With replacement: When we sample with replacement, we draw an element from the population, record its value, and then replace it. Therefore, the same element might be drawn into a sample more than once.

Without replacement: In most practical sampling problems we sample without replacement. That is, we draw one element from the population, record it, then draw another. It is not possible for the same element to be drawn more than once.

Turning back to our R example, we will use the R function EXP which defines the exponential distribution, a one parameter distribution for a `gamlss.family` object to be used in GAMLSS fitting using the function `gamlss()`. The `mu` parameter represents the mean of the distribution.
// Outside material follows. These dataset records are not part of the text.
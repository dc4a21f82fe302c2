ghost use Rattle.std.specs.Prelude.{◌≡◌, true};
ghost use Rattle.od_keeper.specs.Undisturbed as keeper_alone;
ghost use Rattle.od_transfer.specs.Undisturbed as remote_alone;
ghost use Rattle.od_tree.specs.Undisturbed as tree_alone;
ghost use Rattle.od_sync.specs.Ends.{HasCause, counts};
ghost use Rattle.od_sync.specs.Rounds.{AllAlone, HasRunCause, RunsAll, end_of};
ghost use Rattle.od_sync.specs.Serving.{ServesAll};
ghost use Rattle.od_sync.specs.Syncs.{StartsServable, SyncsTold};

use crate::ends::{SyncEnd, SyncStop};
use crate::rounds::three_rounds;
use od_keeper::Keeper;
use od_transfer::Carrier;
use od_tree::Tree;
use std::alloc::Global;

/// Up to three rounds from the kept image on. Says whether both sides are the same.
fn run<R: Carrier, T: Tree, K: Keeper>(
    alloc: Global,
    remote: &mut R,
    tree: &mut T,
    keeper: &mut K,
) -> Result<bool, SyncStop>
    ensures runs { RunsAll 3 (R.faults remote.old) (R.faults remote.new) (R.log remote.old) (R.log remote.new) (T.log tree.old) (T.log tree.new) (K.images keeper.old) (K.images keeper.new) result }
    ensures serves { ServesAll (R.log remote.old) (R.log remote.new) (K.images keeper.old) (K.images keeper.new) }
    ensures cause { HasRunCause 3
        (counts (R.faults remote.old) (R.answers remote.old) (R.in_row remote.old) (T.faults tree.old) (K.faults keeper.old))
        (counts (R.faults remote.new) (R.answers remote.new) (R.in_row remote.new) (T.faults tree.new) (K.faults keeper.new)) result }
    ensures alone { AllAlone (R.undisturbed remote.old) (R.undisturbed remote.new) (R.log remote.old) (R.log remote.new)
        (T.undisturbed tree.old) (T.undisturbed tree.new) (T.faults tree.old) (T.faults tree.new) (T.log tree.old) (T.log tree.new)
        (K.undisturbed keeper.old) (K.undisturbed keeper.new) (K.faults keeper.old) (K.faults keeper.new) }
    ensures no_faults { R.undisturbed remote.old ≡ true → StartsServable (R.log remote.old) (K.images keeper.old) → R.faults remote.new ≡ R.faults remote.old }
{
    let image = match keeper.load(alloc) {
        Ok(image) => image,
        Err(fault) => return Err(SyncStop::from(fault)),
    };
    match three_rounds(alloc, remote, tree, keeper, image) {
        Ok(settled) => Ok(settled),
        Err(stop) => Err(stop),
    }
}

fn end_of(settled: Result<bool, SyncStop>) -> SyncEnd
    ensures { result ≡ end_of settled }
{
    match settled {
        Ok(true) => SyncEnd::Settled,
        Ok(false) => SyncEnd::Unsettled,
        Err(stop) => stop.end(),
    }
}

/// Makes the local folder the same as the drive, as far as that can be done by making folders and placing files at free
/// paths: up to three rounds, each of which looks at both sides and, unless it is the third, then does what is wanted.
pub fn sync_now<R: Carrier, T: Tree, K: Keeper>(
    alloc: Global,
    remote: &mut R,
    tree: &mut T,
    keeper: &mut K,
) -> SyncEnd
    ensures told { SyncsTold
        (counts (R.faults remote.old) (R.answers remote.old) (R.in_row remote.old) (T.faults tree.old) (K.faults keeper.old))
        (counts (R.faults remote.new) (R.answers remote.new) (R.in_row remote.new) (T.faults tree.new) (K.faults keeper.new))
        (R.log remote.old) (R.log remote.new) (T.log tree.old) (T.log tree.new) (K.images keeper.old) (K.images keeper.new) result }
    ensures causes { HasCause
        (counts (R.faults remote.old) (R.answers remote.old) (R.in_row remote.old) (T.faults tree.old) (K.faults keeper.old))
        (counts (R.faults remote.new) (R.answers remote.new) (R.in_row remote.new) (T.faults tree.new) (K.faults keeper.new)) result }
    ensures remote_alone { remote_alone.Undisturbed (R.undisturbed remote.old) (R.undisturbed remote.new) (R.log remote.old) (R.log remote.new) }
    ensures no_faults { R.undisturbed remote.old ≡ true → StartsServable (R.log remote.old) (K.images keeper.old) → R.faults remote.new ≡ R.faults remote.old }
    ensures tree_alone { tree_alone.Undisturbed (T.undisturbed tree.old) (T.undisturbed tree.new) (T.faults tree.old) (T.faults tree.new) (T.log tree.old) (T.log tree.new) }
    ensures keeper_alone { keeper_alone.Undisturbed (K.undisturbed keeper.old) (K.undisturbed keeper.new) (K.faults keeper.old) (K.faults keeper.new) }
{
    let settled = run(alloc, remote, tree, keeper);
    end_of(settled)
}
The functions `dEXP`, `pEXP`, `qEXP` and `rEXP` define the density, distribution function, quantile function and random generation for the specific parameterization of the exponential distribution defined by function EXP.

Let’s use the rexp which is used to draw random numbers from a distribution, we’ll draw 1000 numbers at random from the exponential distribution having mean 1 and standard deviation 1.

Now we will repeatedly sample from the exponential distribution. Each sample will select five random numbers from the exponential distribution having mean and standard deviation equal to 1. We will then find the mean of the unique element in our sample. We will repeat this experiment 1000 times :

vectormeans=rep(0,1000)
for (i in 1:1000) { vectormeans[i]=mean(rexp(n1,rate=1)) }
hist(vectormeans,prob=TRUE,breaks=12, main=”Exponential Distribution with sample n=1″)
lines(density(vectormeans))

Now repite the experiment increasing the size from 1 to 500, and we have the following results:

Then we can see an incredible evolution from Exponential to Normal distribution, Central Limit Theorem demonstrated! Take a look of the 500 sample size, amazing!

But what kind of application do we have with this Theorem. As a healthcare lover just think in a sampling distribution of serum cholesterol, you can do a sample of x individuals for measuring their cholesterol levels and from this info you want to know different kind of probabilities to find an interesting pattern.

Calculating probabilities using the central limit theorem is quite similar to calculating them from the normal distribution:

1. Calculate the standard error.
2. Draw a picture of the normal approximation to the sampling distribution and shade in the appropriate probability.
3. Convert to standard units: z = (x – mu) / SE, where mu is the population mean.
4. Determine the area under the normal curve.

We can also use the central limit theorem to approximate percentiles of the sampling distribution or how large would the sample size need to be in order to insure a 95% probability that the sample average will be within x mg/dl of the population mean.

Finally I recommend you to take a loof at this site, there you’ll find the bean machine, also known as the quincunx or Galton box, is a device invented by Sir Francis Galton to demonstrate the Central Limit Theorem, in particular that the Normal distribution is approximated from the Binomial distribution, or properly speaking, de Moivre–Laplace theorem, enjoy it!